= The Story of Marie Powell: Wife to Mr. Milton =

1943 historical novel

First edition (publ. Cassell)

The Story of Marie Powell: Wife to Mr. Milton is a 1943 historical novel by Robert Graves. It is based on the life of the young wife of poet John Milton. Graves tells it from her viewpoint and paints an unflattering portrait of Milton.

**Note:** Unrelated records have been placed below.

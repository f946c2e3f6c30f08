//! The program around scripts: what it does for its arguments, and how it ends.

ghost use Rattle.std.specs.Prelude.{◌≡◌, ◌⊎◌, ℕ, List, Ok, IfOk, IfErr};
ghost use Rattle.toml.specs.View.{table_view};
ghost use Rattle.settings_file.specs.Parsed.{AreDocument};
ghost use Rattle.settings.specs.Configuration.{Configuration};
ghost use Rattle.exchange.specs.Calls.{StandsFor};
ghost use Rattle.exchange_rules.specs.First.{first_state};
ghost use Rattle.script.specs.BuiltIn.{built_in_settings};
ghost use Rattle.program.specs.Folders.{FileRead};
ghost use Rattle.settings_file.specs.Faults.{no_memory};
ghost use Rattle.program.specs.Program.{status_number, status_after, streams, NoText, RunsScript, HasNoMemory, RunsNode, RunsFile, ChecksServer, ChecksFile};
ghost use Rattle.program.specs.Tasks.{Does};

use crate::command_line::{Words, read_words};
use crate::ending::{
    end_with, tell_help, tell_no_memory, tell_server_fault, tell_usage, tell_version,
};
use crate::explaining::explain_end;
use crate::folder::Folder;
use crate::network::run_network_files;
use crate::serving::serve_file;
use crate::settings_files::{ParsedFile, parsed_file, settings_in, settings_of};
use crate::telling::tell_file;
use crate::two_nodes::{Medium, run_files};
use exchange::{Exchange, NoMemory};
use lab::Joiner;
use script::{OpenLine, ScriptFault, Sink, Source, built_in, run_pieces};
use settings::Settings;
use settings_file::SettingsFault;
use settings_file::serve::check_server;
use std::alloc::Global;

/// How the program ends. The numbers are its exit statuses.
#[derive(Clone, Copy, Debug, PartialEq, Eq)]
pub enum Status {
    /// Everything was done.
    Done = 0,
    /// Words that aren't the program's, or that a console refuses.
    Refused = 1,
    /// The settings, nodes that a lab doesn't join, or the memory to start with.
    Start = 2,
    /// A line of the script.
    Line = 3,
    /// A read or a write failed, or the end of the script wasn't reached within the limit of reads.
    Stream = 4,
}

impl Status {
    /// The exit status.
    pub fn number(self) -> u8
        ensures { result ≡ status_number self }
    {
        self as u8
    }
}

/// The whole program: does what the words after its name ask for. Settings files come from the folder, the script from
/// the reader, and all that it prints goes to the writer. Why it doesn't do what was meant goes to `errors`, in
/// sentences for a person. The joiner joins the links of a lab over streams; one over datagrams, a node that is
/// served, and a console that is told something are on the machine's network.
pub fn run_program<F: Folder, J: Joiner, R: Source, W: Sink, E: Sink>(
    rt: &HostRuntime,
    words: &[String],
    folder: &F,
    joiner: &mut J,
    reader: &mut R,
    writer: &mut W,
    errors: &mut E,
) -> Status
    ensures { Does words.now (F.reads folder.now)
        (streams (R.input reader.old) (W.output writer.old) (E.output errors.old))
        (streams (R.input reader.new) (W.output writer.new) (E.output errors.new)) result }
{
    let alloc = rt.alloc();
    match read_words(alloc, words) {
        Words::Run(None) => run_built_in(alloc, reader, writer, errors),
        Words::Run(Some(file)) => run_file(alloc, folder, file.as_str(), reader, writer, errors),
        Words::Check(file) => check_file(alloc, folder, file.as_str(), writer, errors),
        Words::Lab(near, far) => {
            let files = (near.as_str(), far.as_str());
            let medium = Medium::Streams(joiner);
            run_files(alloc, folder, files, medium, reader, writer, errors)
        }
        Words::DatagramLab(near, far) => {
            let files = (near.as_str(), far.as_str());
            let medium: Medium<'_, J> = Medium::Datagrams(rt);
            run_files(alloc, folder, files, medium, reader, writer, errors)
        }
        Words::Network(files) => {
            run_network_files(alloc, folder, files, joiner, reader, writer, errors)
        }
        Words::Serve(file) => serve_file(rt, folder, file.as_str(), writer, errors),
        Words::Tell(file, line) => tell_file(rt, folder, file, line, reader, writer, errors),
        Words::Help => tell_help(writer),
        Words::Version => tell_version(writer),
        Words::Usage => tell_usage(writer, errors),
        Words::NoMemory => tell_no_memory(writer),
    }
}

/// Runs the script on a node with the built-in settings, which have no fault: it can only run out of memory.
fn run_built_in<R: Source, W: Sink, E: Sink>(
    alloc: Global,
    reader: &mut R,
    writer: &mut W,
    errors: &mut E,
) -> Status
    ensures { RunsNode (λ settings. settings ≡ built_in_settings) (λ why. why ≡ no_memory) NoText
        (streams (R.input reader.old) (W.output writer.old) (E.output errors.old))
        (streams (R.input reader.new) (W.output writer.new) (E.output errors.new)) result }
{
    match built_in_settings(alloc) {
        Ok(settings) => run_on(alloc, settings, reader, writer, errors),
        Err(_) => tell_no_memory(writer),
    }
}

/// Runs the script on a node with the settings of a file.
fn run_file<F: Folder, R: Source, W: Sink, E: Sink>(
    alloc: Global,
    folder: &F,
    file: &str,
    reader: &mut R,
    writer: &mut W,
    errors: &mut E,
) -> Status
    ensures { (read : FileRead) × F.reads folder.now file.now read × RunsFile file.now read
        (streams (R.input reader.old) (W.output writer.old) (E.output errors.old))
        (streams (R.input reader.new) (W.output writer.new) (E.output errors.new)) result }
{
    match settings_of(alloc, folder, file, writer, errors) {
        Ok(settings) => run_on(alloc, settings, reader, writer, errors),
        Err(status) => status,
    }
}

/// Prints whether the settings of a file have a fault: those of a node, and those of its server, if it has any.
fn check_file<F: Folder, W: Sink, E: Sink>(
    alloc: Global,
    folder: &F,
    file: &str,
    writer: &mut W,
    errors: &mut E,
) -> Status
    ensures { (read : FileRead) × F.reads folder.now file.now read × ChecksFile file.now read
        (W.output writer.old) (W.output writer.new) (E.output errors.old) (E.output errors.new) result }
{
    let parsed = match parsed_file(alloc, folder, file, writer, errors) {
        Ok(parsed) => parsed,
        Err(status) => return status,
    };
    let status = check_parsed(alloc, file, &parsed, writer, errors);
    drop(parsed);
    status
}

/// Prints whether the settings in a file have a fault.
fn check_parsed<W: Sink, E: Sink>(
    alloc: Global,
    file: &str,
    parsed: &ParsedFile,
    writer: &mut W,
    errors: &mut E,
) -> Status
    requires { AreDocument parsed.now.octets.items (table_view parsed.now.document) }
    ensures { ChecksFile file.now (Ok parsed.now.octets.items)
        (W.output writer.old) (W.output writer.new) (E.output errors.old) (E.output errors.new) result }
{
    match settings_in(alloc, file, parsed, writer, errors) {
        Ok(settings) => {
            drop(settings);
            check_server_in(alloc, file, parsed, writer, errors)
        }
        Err(status) => status,
    }
}

/// Prints whether the settings of a server in a file have a fault.
fn check_server_in<W: Sink, E: Sink>(
    alloc: Global,
    file: &str,
    parsed: &ParsedFile,
    writer: &mut W,
    errors: &mut E,
) -> Status
    requires { AreDocument parsed.now.octets.items (table_view parsed.now.document) }
    ensures { ChecksServer file.now parsed.now.octets.items (W.output writer.old) (W.output writer.new)
        (E.output errors.old) (E.output errors.new) result }
{
    match check_server(alloc, &parsed.document) {
        Ok(()) => end_with(Status::Done, b"ok\n", writer),
        Err(fault) => tell_server_fault(alloc, file, parsed, fault, writer, errors),
    }
}

/// Runs the script on a node with these settings.
fn run_on<R: Source, W: Sink, E: Sink>(
    alloc: Global,
    settings: Settings,
    reader: &mut R,
    writer: &mut W,
    errors: &mut E,
) -> Status
    ensures { RunsScript settings
        (streams (R.input reader.old) (W.output writer.old) (E.output errors.old))
        (streams (R.input reader.new) (W.output writer.new) (E.output errors.new)) result
        ⊎ HasNoMemory (streams (R.input reader.old) (W.output writer.old) (E.output errors.old))
        (streams (R.input reader.new) (W.output writer.new) (E.output errors.new)) result }
{
    match Exchange::boot(alloc, settings) {
        Ok(mut exchange) => {
            let ended = run_in(alloc, &mut exchange, reader, writer, errors);
            drop(exchange);
            ended
        }
        Err(NoMemory) => tell_no_memory(writer),
    }
}

/// Runs the script on a node that was just booted.
fn run_in<R: Source, W: Sink, E: Sink>(
    alloc: Global,
    exchange: &mut Exchange,
    reader: &mut R,
    writer: &mut W,
    errors: &mut E,
) -> Status
    ensures { (settings : Configuration) → StandsFor exchange.old (first_state settings) → RunsScript settings
        (streams (R.input reader.old) (W.output writer.old) (E.output errors.old))
        (streams (R.input reader.new) (W.output writer.new) (E.output errors.new)) result }
{
    let mut line = OpenLine::first();
    let script = run_pieces(&mut line, exchange, reader, writer);
    explain_end(alloc, script, line.octets(), line.wrong(), errors);
    status_after(script)
}

/// The settings of a node that is given none.
fn built_in_settings(alloc: Global) -> Result<Settings, SettingsFault>
    ensures settings { IfOk result (λ settings. settings ≡ built_in_settings) }
    ensures fault { IfErr result (λ why. why ≡ no_memory) }
{
    let draft = built_in(alloc)?;
    match Settings::check(alloc, draft) {
        Ok(settings) => Ok(settings),
        Err(fault) => Err(SettingsFault::Draft(fault)),
    }
}

/// How the program ends after a script.
pub(crate) fn status_after(script: Result<(), ScriptFault>) -> Status
    ensures { result ≡ status_after script }
{
    match script {
        Ok(()) => Status::Done,
        Err(ScriptFault::Line(_)) => Status::Line,
        Err(ScriptFault::Read | ScriptFault::Write | ScriptFault::TooManyReads) => Status::Stream,
        Err(ScriptFault::NoMemory) => Status::Start,
    }
}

In addition to Milton and Marie, real historical characters included in the story include Edmund Verney, who is depicted as Marie's true love.

==Reception==
Summarising the novel for the Carcanet edition, Simon Brittan wrote that:

"Graves regards [Milton] as one of the heinous monsters in the English poetic pantheon. Certainly his Mrs Milton is ill-used by a distended genius. Milton's first wife was sixteen when they married. Milton was after her dowry and when it did not follow he proved a domineering prig, unresponsive to her sensuousness or her down-to-earth wit. It was a spiritual misalliance, too: her Catholicism sorted ill with his beliefs. The dramatic political and military events of the English civil war touch her life at every point, and we witness the execution of Charles I close up. The depiction of everyday life at the time and the merciless portrait of the young Milton, are spell-binding."

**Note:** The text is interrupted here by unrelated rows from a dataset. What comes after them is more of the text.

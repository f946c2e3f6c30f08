//! The program's arguments.

ghost use Rattle.std.specs.Prelude.{◌≡◌, ◌≢◌, IfOk, IfErr, Some, option_map, true};
ghost use Rattle.std.specs.List.{list_all};
ghost use Rattle.clap.specs.Words.{kind_of, subcommand_rows_of};
ghost use Rattle.clap.specs.declared.error.kind.ErrorKind.TheVariants.{OutOfMemory};
ghost use Rattle.program.specs.Words.{asked_by, asked_by_command, asked_by_two, are_plain, asks_help, asks_version};
ghost use Rattle.program.specs.Words.{are_network, are_in_line, are_told, found, found_by, is_in_line, is_plain};
ghost use Rattle.program.specs.Words.{network_files, task_of, texts, told_words};
ghost use Rattle.program.specs.Words.{OtherWords, AreReadAs, AreReadAsTask};

mod grammar;

use clap::error::ErrorKind;
use clap::{ArgMatches, Error};
use grammar::stp;
use std::alloc::{AllocError, Global};

/// What the program's arguments ask for.
#[derive(Drop)]
pub enum Words<'a> {
    /// `run` or `run FILE`: run the script on standard input, on the settings of this file, or on those built in.
    Run(Option<String>),
    /// `check FILE`: check whether the settings of this file have a fault.
    Check(String),
    /// `lab NEAR FAR`: run the lab script on standard input, on two nodes with the settings of these files.
    Lab(String, String),
    /// `lab-udp NEAR FAR`: the same, over UDP sockets of this machine.
    DatagramLab(String, String),
    /// `lab FILE FILE FILE ..`: run the lab script on standard input, on three nodes or more with the settings of these
    /// files.
    Network(&'a [String]),
    /// `serve FILE`: serve a node on the network with the settings of this file.
    Serve(String),
    /// `tell FILE` and any further words: write these, as one line, or else the lines on standard input, to the console
    /// that the settings of this file name.
    Tell(&'a str, &'a [String]),
    /// `help` or `--help`: print the program's commands, and what they mean.
    Help,
    /// `version` or `--version`: print the version of the program.
    Version,
    /// Any other words.
    Usage,
    /// Memory ran out.
    NoMemory,
}

/// What the program's arguments ask for. If one of them is empty or begins with `-`, they are none of the commands,
/// unless they are `--help` or `--version`, or it is among the words that `tell` writes. No memory is allocated for
/// `--help`, `--version`, `help` and `version`; for all others it may run out.
pub fn read_words<'a>(alloc: Global, words: &'a [String]) -> Words<'a>
    ensures { AreReadAs words.now result }
{
    if asks_help(words) {
        Words::Help
    } else if asks_version(words) {
        Words::Version
    } else if let Some(files) = network_files(words) {
        Words::Network(files)
    } else if let Some((file, line)) = told_words(words) {
        Words::Tell(file, line)
    } else {
        read_command(alloc, words)
    }
}

/// The files of a lab of three nodes or more, where the words ask for one.
fn network_files(words: &[String]) -> Option<&[String]>
    ensures { option_map (λ files. texts files.now) result ≡ network_files (texts words.now) }
{
    match words {
        [command, files @ ..] if are_network(command.as_str(), files) => Some(files),
        _ => None,
    }
}

/// Whether this command and these files ask for a lab of three nodes or more.
#[tactic(auto, using(crate::proofs::Asked::word_steps))]
fn are_network(command: &str, files: &[String]) -> bool
    ensures { result ≡ are_network command.now (texts files.now) }
{
    command == "lab" && files.len() > 2 && are_plain(files)
}

/// The file whose console is told something, and the words that it is told, where the words ask for that.
fn told_words(words: &[String]) -> Option<(&str, &[String])>
    ensures { option_map (λ told. (told.0.now, texts told.1.now)) result ≡ told_words (texts words.now) }
{
    match words {
        [command, file, line @ ..] if are_told(command.as_str(), file.as_str(), line) => {
            Some((file.as_str(), line))
        }
        _ => None,
    }
}

/// Whether this command, this file and these words ask for something to be told.
#[tactic(auto, using(crate::proofs::Asked::word_steps))]
fn are_told(command: &str, file: &str, line: &[String]) -> bool
    ensures { result ≡ are_told command.now file.now (texts line.now) }
{
    command == "tell" && is_plain(file) && are_in_line(line)
}

/// Whether no word has a line feed.
fn are_in_line(words: &[String]) -> bool
    ensures { result ≡ are_in_line words.now }
{
    words.iter().all(|word| is_in_line(word.as_str()))
}

/// Whether a word has no line feed.
fn is_in_line(word: &str) -> bool
    ensures { result ≡ is_in_line word.now }
{
    word.as_bytes().iter().all(|octet| *octet != b'\n')
}

/// Whether the words ask for help.
fn asks_help(words: &[String]) -> bool
    ensures { result ≡ asks_help (texts words.now) }
{
    match words {
        [word] => word.as_str() == "help" || word.as_str() == "--help",
        _ => false,
    }
}

fn asks_version(words: &[String]) -> bool
    ensures { result ≡ asks_version (texts words.now) }
{
    match words {
        [word] => word.as_str() == "version" || word.as_str() == "--version",
        _ => false,
    }
}

/// Which command the arguments ask for. If one of them is empty or begins with `-` they ask for none, and no memory is
/// allocated for them; for all others it may run out.
fn read_command<'a>(alloc: Global, words: &'a [String]) -> Words<'a>
    ensures { AreReadAsTask (asked_by (texts words.now)) (are_plain words.now) result }
{
    if !are_plain(words) {
        return Words::Usage;
    }
    match parse(alloc, words) {
        Ok(matches) => match found(alloc, &matches) {
            Ok(words) => words,
            Err(_) => Words::NoMemory,
        },
        Err(error) if error.kind() == ErrorKind::OutOfMemory => Words::NoMemory,
        Err(_) => Words::Usage,
    }
}

/// Whether no word is empty or begins with `-`.
fn are_plain(words: &[String]) -> bool
    ensures { result ≡ are_plain words.now }
{
    words.iter().all(|word| is_plain(word.as_str()))
}

/// Whether a word isn't empty and doesn't begin with `-`.
fn is_plain(word: &str) -> bool
    ensures { result ≡ is_plain word.now }
{
    match word.as_bytes() {
        [] | [b'-', ..] => false,
        _ => true,
    }
}

/// Parses plain words. If they aren't the program's, or if memory runs out, the parse fails.
fn parse<'a>(alloc: Global, words: &'a [String]) -> Result<ArgMatches<'a>, Error>
    requires { are_plain words.now ≡ true }
    ensures taken { IfOk result (λ matches. found (subcommand_rows_of matches) ≡ asked_by (texts words.now)) }
    ensures refused { IfErr result (λ error. kind_of error ≢ OutOfMemory → asked_by (texts words.now) ≡ OtherWords) }
{
    stp(alloc)?.try_get_matches_from(words)
}

/// What arguments that were parsed like this ask for.
fn found<'a>(alloc: Global, matches: &ArgMatches<'_>) -> Result<Words<'a>, AllocError>
    ensures { IfOk result (λ read. task_of read ≡ Some (found (subcommand_rows_of matches.now))) }
{
    match matches.subcommand() {
        Some((command, inner)) => {
            let file = inner.get_str("file");
            let near = inner.get_str("near");
            let far = inner.get_str("far");
            with_files(alloc, command, file, near, far)
        }
        None => Ok(Words::Usage),
    }
}

/// What a command asks for, by the files after it.
fn with_files<'a>(
    alloc: Global,
    command: &str,
    file: Option<&str>,
    near: Option<&str>,
    far: Option<&str>,
) -> Result<Words<'a>, AllocError>
    ensures { IfOk result (λ read. task_of read ≡ Some (found_by command.now (option_map (λ name. name.now) file.entry)
        (option_map (λ name. name.now) near.entry) (option_map (λ name. name.now) far.entry))) }
{
    if command == "lab" || command == "lab-udp" {
        with_two_files(alloc, command, near, far)
    } else {
        with_file(alloc, command, file)
    }
}

/// What a command asks for, by the file after it.
fn with_file<'a>(alloc: Global, command: &str, file: Option<&str>) -> Result<Words<'a>, AllocError>
    ensures { IfOk result (λ read.
        task_of read ≡ Some (asked_by_command command.now (option_map (λ name. name.now) file.entry))) }
{
    match (command, file) {
        ("run", None) => Ok(Words::Run(None)),
        ("run", Some(file)) => Ok(Words::Run(Some(String::from_str(alloc, file)?))),
        ("check", Some(file)) => Ok(Words::Check(String::from_str(alloc, file)?)),
        ("serve", Some(file)) => Ok(Words::Serve(String::from_str(alloc, file)?)),
        _ => Ok(Words::Usage),
    }
}

/// What a command with two files after it asks for.
fn with_two_files<'a>(
    alloc: Global,
    command: &str,
    near: Option<&str>,
    far: Option<&str>,
) -> Result<Words<'a>, AllocError>
    ensures { IfOk result (λ read. task_of read ≡ Some (asked_by_two command.now
        (option_map (λ name. name.now) near.entry) (option_map (λ name. name.now) far.entry))) }
{
    let (Some(near), Some(far)) = (near, far) else {
        return Ok(Words::Usage);
    };
    let near = String::from_str(alloc, near)?;
    let far = String::from_str(alloc, far)?;
    match command {
        "lab" => Ok(Words::Lab(near, far)),
        "lab-udp" => Ok(Words::DatagramLab(near, far)),
        _ => Ok(Words::Usage),
    }
}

Geoffrey Wall concluded that Graves's Wife to Mr. Milton is "a relentlessly effective satire on masculine self-regard." Matthew Adams has recently written, "Ignoring the question of whether Milton had justly or unjustly been defamed, E.M. Forster pronounced Wife to Mr Milton a thumping good read yet remained concerned that Graves's portrait had depicted only half of the man, [... ]'
It has been noted that the English poet W.H. Auden liked to quote from Graves's Wife to Mr. Milton: "They tune the strings a little sharper at Cambridge."

On a harsher note, James Macleod Sandison has reprimanded Graves's account of Milton: "Before leaving the anti-Miltonists, I feel compelled to deplore Robert Graves' Wife to Mr. Milton: it is an unfortunate book which might do much to deepen the erroneous impression of Milton as a surly and narrow-minded puritan."

In Graves's defence, Ian McCormick has argued that "The satiric reduction is a necessary one, for it appears to be part of a larger uneasiness in the text concerning the self-aggrandizement of the reasoning subject that might result in the straitjacket of the purely systematic or, at worst, the totalitarian ideologies of the modern period." This novel therefore shares a characteristic that McCormick has also identified in Graves's Antigua, Penny, Puce: "Ultimately, Graves aetheticises history, politics and gender. There is a sportive element at work in his fiction which resists a permanent anchor."

The novel was republished in 2003 as part of the 'Millennium Graves' edition. More recently, Penguin Classics published another edition of Graves' Wife to Mr Milton in 2012.